# Restoring a "Photo Finish" 1937 Radio?



## DarkWolf (Feb 26, 2008)

Ok.. So I picked up this radio today for $7 that needs restored. It's an old "farm house" battery powered radio from the late 1930s.

The bulk of the wood is fine, though some needs re-glued. The finish however is shot.

This is where I need ideas.. These things used several methods to faux the finish. The finish on this one was a photo finish which was heat transferred.










What I'm wondering is if I could not mock this method using a combination of heat transferred grain (via a laser printer.. Toner transfers with heat) and then follow up with a stain to match the color.

I was also thinking for the outside section using a sponge method to do the stain, which would leave larger amounts of stain in areas giving it that mottled look.

What do you all think?

The face is just plywood as it is, which would not look too great finished in all one color/method.

BTW:: The radio pictured is not mine.. Mine looks much… much worse.. 

Here's the data page for the radio.. It's not a grand model, or anything rare.. I just thought it'd be fun to play with and give me more experience before I started hacking apart the wiring in my RCA 811K floor radio which I'm also working on.

http://www.radiomuseum.org/r/philco_37_38.html


----------



## DarkWolf (Feb 26, 2008)

No ideas at all?


----------



## willy3486 (Feb 5, 2009)

My comments are based from restoring these not woodworking. I am still a novice in that area. First on the cabinet. If there is any way to leave it as is most prefer that. It leaves the patina,wear,etc. I usually would just judge how it is and go from there. The one above would be borderline. As far as getting the look to match original here is my suggestions. If the finish is bad and it needs the original finished removed before you do that take pictures from all angles of the finish. That way you have something to go back to, the beauty of digital cameras. Also with the guts out lay a piece of paper on it and trace the outline and take measurements of the cabinet. If you have access to a copier or scanner, scan the front. Then print it out to the exact size even if it takes 2-3 pages taped together. That way you have a exact pattern. Once this is done then remove the finish. Then find a scrap piece of plywood that matches the grain of the face without the original finish. Then just expirement on the scrap plywood. when you get a stain like the lines on the radio then write down what it is. Then if the rest of the radio had the fake grain look to it just do a search on the web for fake wood grain. There is a few articles out there that explains how to do it. And like you said I think one method is using a sponge. You may be able to get the lines on there by taping with masking tape, but test on the scrap first to make sure the stain and tape do not have any adverse effects on the wood. My guess is you can use a dark stain on the lines then do the fake woodgrain on the rest. I have a old seeburg jukebox I need to do this to myself. Hope that helps.


----------



## Kindlingmaker (Sep 29, 2008)

At the cost of the orginal finish, veneer it!


----------



## SCOTSMAN (Aug 1, 2008)

look at Stewarts job he did recently on just such a worn out piece he did a fantastic job of restortion I am sure his is the man to help you.Alistair


----------



## DarkWolf (Feb 26, 2008)

There's nothing left of the original finish.. THIS one is mine.
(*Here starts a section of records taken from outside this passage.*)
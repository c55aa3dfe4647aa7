//! Elements of arrays, and pointers that are moved by elements (C99 6.5.2.1, 6.5.6; UPC 6.4.2).

ghost use Rattle.std.specs.Prelude.{◌≡◌, ◌<◌, ◌≤◌, ◌^◌, IfOk, IfSome, true, false, unsigned_abs};
ghost use Rattle.upc_types.specs.Types as types;
ghost use Rattle.upc_types.specs.View.{view};
ghost use Rattle.upc_types.specs.ViewStructs.{view_structs};
ghost use Rattle.typing_rules.specs.Constants as known;
ghost use Rattle.typing_rules.specs.Constants.{IsWithin};
ghost use Rattle.typing_rules.specs.Nodes as node;
ghost use Rattle.typing_rules.specs.Nodes.{view_attr};
ghost use Rattle.typing_rules.specs.Attributes as pure;
ghost use Rattle.typing_rules.specs.Attributes.{attr};
ghost use Rattle.typing_rules.specs.Rules as rules;

use crate::addresses::{address_plus, lost_behind};
use crate::attributes::{arithmetic, int_value, object_at, plainly, value};
use crate::sizes::leaves_of;
use block_layout::Kind;
use integers::BinOp;
use std::alloc::Global;
use typing_rules::constants::constant_of;
use typing_rules::types::target_of;
use typing_rules::{Attr, Constant, Form};
use upc_text::OutOfMemory;
use upc_types::{Base, CType, Structs, Target, copy_type};

// The address so many objects of this type after another.
fn address_behind(
    structs: &Structs,
    threads: u32,
    t: &CType,
    address: Constant,
    i: i128,
) -> Constant
    requires some_thread { 0 < threads }
    requires sized { rules.has_size (view_structs structs.now) (view t.now) ≡ true }
    requires near { unsigned_abs i ≤ 2 ^ 64 }
    ensures value { result
        ≡ pure.address_behind (record { structs = view_structs structs.now; threads = threads })
        (view t.now) address i }
    ensures within { IsWithin result }
{
    let leaves = leaves_of(structs, &t.base);
    address_plus(threads, t.shared, leaves.bytes, leaves.count, address, i)
}

// The address as many objects of this type after another as a constant says.
fn indexed(structs: &Structs, threads: u32, t: &CType, address: Constant, i: Constant) -> Constant
    requires some_thread { 0 < threads }
    requires sized { rules.has_size (view_structs structs.now) (view t.now) ≡ true }
    requires near { IfSome (known.number_of i) (λ v. unsigned_abs v ≤ 2 ^ 64) }
    ensures value { result
        ≡ pure.indexed (record { structs = view_structs structs.now; threads = threads })
        (view t.now) address i }
    ensures within { IsWithin result }
{
    match i {
        Constant::Known(v) => address_behind(structs, threads, t, address, v),
        Constant::Undefined => lost_behind(address),
        _ => Constant::Variable,
    }
}

/// `a[i]`, where the elements of a have a size.
pub fn subscript(structs: &Structs, threads: u32, a: &Attr, i: &Attr) -> Result<Attr, OutOfMemory>
    requires some_thread { 0 < threads }
    requires sized { rules.is_loose (view_structs structs.now) (view_attr a.now) ≡ false }
    ensures { IfOk result (λ x. (how : node.Use) → view_attr x
        ≡ attr (record { structs = view_structs structs.now; threads = threads })
        (node.Subscript how (view_attr a.now) (view_attr i.now))) }
{
    match target_of(a) {
        Some(t) => {
            let address = indexed(structs, threads, t, constant_of(a), i.constant);
            object_at(Some(t), address)
        }
        None => Ok(int_value()),
    }
}

// A pointer, some objects after another.
fn pointer(
    alloc: Global,
    structs: &Structs,
    threads: u32,
    t: &CType,
    address: Constant,
    steps: Constant,
) -> Result<Attr, OutOfMemory>
    requires some_thread { 0 < threads }
    requires sized { rules.has_size (view_structs structs.now) (view t.now) ≡ true }
    requires near { IfSome (known.number_of steps) (λ v. unsigned_abs v ≤ 2 ^ 64) }
    ensures { IfOk result (λ x. view_attr x
        ≡ pure.pointer_attr (record { structs = view_structs structs.now; threads = threads })
        (view t.now) address steps) }
{
    let constant = indexed(structs, threads, t, address, steps);
    let target = copy_type(t)?;
    Ok(Attr {
        ctype: plainly(Base::Pointer(Target::new(alloc, target)?)),
        form: Form::Value,
        constant,
    })
}

fn sum(
    alloc: Global,
    structs: &Structs,
    threads: u32,
    a: &Attr,
    b: &Attr,
) -> Result<Attr, OutOfMemory>
    requires some_thread { 0 < threads }
    requires left { rules.is_loose (view_structs structs.now) (view_attr a.now) ≡ false }
    requires right { rules.is_loose (view_structs structs.now) (view_attr b.now) ≡ false }
    ensures { IfOk result (λ x. view_attr x
        ≡ attr (record { structs = view_structs structs.now; threads = threads })
        (node.Binary BinOp.Add (view_attr a.now) (view_attr b.now))) }
{
    match (target_of(a), target_of(b)) {
        (Some(t), _) => pointer(alloc, structs, threads, t, constant_of(a), b.constant),
        (None, Some(u)) => pointer(alloc, structs, threads, u, constant_of(b), a.constant),
        (None, None) => Ok(arithmetic(BinOp::Add, a, b)),
    }
}

fn negated(x: Constant) -> Constant
    requires { IsWithin x }
    ensures value { result ≡ pure.negated x }
    ensures near { IfSome (known.number_of result) (λ v. unsigned_abs v ≤ 2 ^ 64) }
{
    match x {
        Constant::Known(v) => Constant::Known(-v),
        Constant::Undefined => Constant::Undefined,
        _ => Constant::Variable,
    }
}

fn difference(
    alloc: Global,
    structs: &Structs,
    threads: u32,
    a: &Attr,
    b: &Attr,
) -> Result<Attr, OutOfMemory>
    requires some_thread { 0 < threads }
    requires sized { rules.moves_loosely (view_structs structs.now) BinOp.Subtract
        (view_attr a.now) (view_attr b.now) ≡ false }
    ensures { IfOk result (λ x. view_attr x
        ≡ attr (record { structs = view_structs structs.now; threads = threads })
        (node.Binary BinOp.Subtract (view_attr a.now) (view_attr b.now))) }
{
    match (target_of(a), target_of(b)) {
        (Some(_), Some(_)) => Ok(value(plainly(Base::Integer(Kind::Long)))),
        (Some(t), None) => {
            pointer(
                alloc,
                structs,
                threads,
                t,
                constant_of(a),
                negated(b.constant),
            )
        }
        (None, _) => Ok(arithmetic(BinOp::Subtract, a, b)),
    }
}

/// A binary operator other than `&&` and `||`, where pointers that it moves lead to what has a size.
pub fn binary(
    alloc: Global,
    structs: &Structs,
    threads: u32,
    op: BinOp,
    a: &Attr,
    b: &Attr,
) -> Result<Attr, OutOfMemory>
    requires some_thread { 0 < threads }
    requires sized { rules.moves_loosely (view_structs structs.now) op (view_attr a.now) (view_attr b.now) ≡ false }
    ensures { IfOk result (λ x. view_attr x
        ≡ attr (record { structs = view_structs structs.now; threads = threads })
        (node.Binary op (view_attr a.now) (view_attr b.now))) }
{
    match op {
        BinOp::Add => sum(alloc, structs, threads, a, b),
        BinOp::Subtract => difference(alloc, structs, threads, a, b),
        _ => Ok(arithmetic(op, a, b)),
    }
}
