fn cast_pointer(target: Option<&CType>, a: &Attr) -> Constant
    ensures value { result ≡ pure.cast_pointer (view_target target.entry) (view_attr a.now) }
    ensures within { IsWithin result }
{
    match target {
        Some(t) => cast_address(target_block(target_of(a)), t.shared, constant_of(a)),
        None => Constant::Variable,
    }
}

fn cast_by(t: &CType, a: &Attr) -> Constant
    ensures value { result
        ≡ pure.cast_by (values.value_type (view t.now))
        (values.base_kind (values.value_base (view_base t.now.base))) (view_attr a.now) }
    ensures within { IsWithin result }
{
    match base_kind(&t.base) {
        Some(kind) => cast_constant(kind, a.constant),
        None => cast_pointer(target_in(&t.base), a),
    }
}

fn target_in(base: &Base) -> Option<&CType>
    ensures { view_target result ≡ values.base_target (values.value_base (view_base base.now)) }
{
    match base {
        Base::Pointer(target) => Some(target),
        Base::Array(element, _) => Some(element),
        _ => None,
    }
}

/// A cast to this type.
pub fn cast(t: &CType, a: &Attr) -> Result<Attr, OutOfMemory>
    ensures { IfOk result (λ x. view_attr x ≡ pure.cast_attr (values.value_type (view t.now)) (view_attr a.now)) }
{
    let constant = cast_by(t, a);
    Ok(Attr {
        ctype: value_type(t)?,
        form: Form::Value,
        constant,
    })
}

fn binary_kind(op: BinOp, kind: Kind) -> Kind
    ensures { result ≡ binary_kind op kind }
{
    match op {
        BinOp::Less
        | BinOp::Greater
        | BinOp::LessEqual
        | BinOp::GreaterEqual
        | BinOp::Equal
        | BinOp::NotEqual => Kind::Int,
        _ => kind,
    }
}

/// A binary operator on two integers, as on what is none.
pub fn arithmetic(op: BinOp, a: &Attr, b: &Attr) -> Attr
    ensures { view_attr result
        ≡ pure.arithmetic_attr op (values.base_kind (pure.base (view_attr a.now)))
        (values.base_kind (pure.base (view_attr b.now))) a.now.constant b.now.constant }
{
    match (kind_of(a), kind_of(b)) {
        (Some(j), Some(k)) => constant(
            binary_kind(op, working_kind(op, j, k)),
            binary_constant(op, j, k, a.constant, b.constant),
        ),
        _ => int_value(),
    }
}

fn integer_choice(j: Kind, k: Kind, test: Constant, a: Constant, b: Constant) -> Attr
    requires left { IsInteger j }
    requires right { IsInteger k }
    ensures { view_attr result ≡ pure.constant (usual j k) (known.choice_constant (usual j k) test a b) }
{
    let kind = usual(j, k);
    constant(kind, choice_constant(kind, test, a, b))
}

fn plain_value(t: &CType) -> Result<Attr, OutOfMemory>
    ensures { IfOk result (λ x. view_attr x ≡ pure.value (values.value_type (view t.now))) }
{
    Ok(value(value_type(t)?))
}

fn other_choice(a: &Attr, b: &Attr) -> Result<Attr, OutOfMemory>
    ensures { IfOk result (λ x. view_attr x
        ≡ pure.other_choice (view_attr a.now) (view_attr b.now) (values.base_target (pure.base (view_attr a.now)))) }
{
    match target_of(a) {
        Some(_) => plain_value(&a.ctype),
        None => plain_value(&b.ctype),
    }
}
Alistair, I searched but could not find the restore you're talking about?

Kindlingmaker, That's indeed half a thought, but I'd prefer to keep it closer to the original.

I'm guessing I'll just have to check into methods of doing fake grain with staining techniques. That seems the best method. A coat of conditioner should help keep the bleeding down between the three sections.

This is NOT MINE, but shows how it SHOULD look.


----------



## willy3486 (Feb 5, 2009)

I happened to find this post again . Here is some resources and info if you need it. If you need parts,tubes,decals and other stuff check out http://www.tubesandmore.com/
Another place was http://www.agtannenbaum.com/agtannenbaum.root/shop/
They sale parts to restore radios. I was out in my shop and I actually have one of these old radios. I have restored hundreds of old radios and some are in museums today. As far as that radio goes philco they started numbering the radio by the year around 1938. In other words 38-xyz means it was made in 1938. Sound like you enjoy these old radios and they can be enjoyable to work on them. I redid them for years until a few clients just burned me out on them. I quit working on them about ten years ago but I still have all my tools,books and parts in case I ever decide to get back into them. If you have never reworked one of these old radios that are run off battery power they will suprise you when they play. The ones I have redone seem to pickup and play better than the electric ones only. As far as cabinets in that bad of shape I have done I think I just stripped completely and then put goldleaf on where the lines was if I remember correctly. I would redo the cabinets sometimes but most were in good shape. Good luck on the redo.


----------



## a1Jim (Aug 9, 2008)

I'm with Kindle re veneer


----------



## oldworld124 (Mar 2, 2008)

Willy, thanks much for the link to www.tubesandmore.com . They have some great original stuff.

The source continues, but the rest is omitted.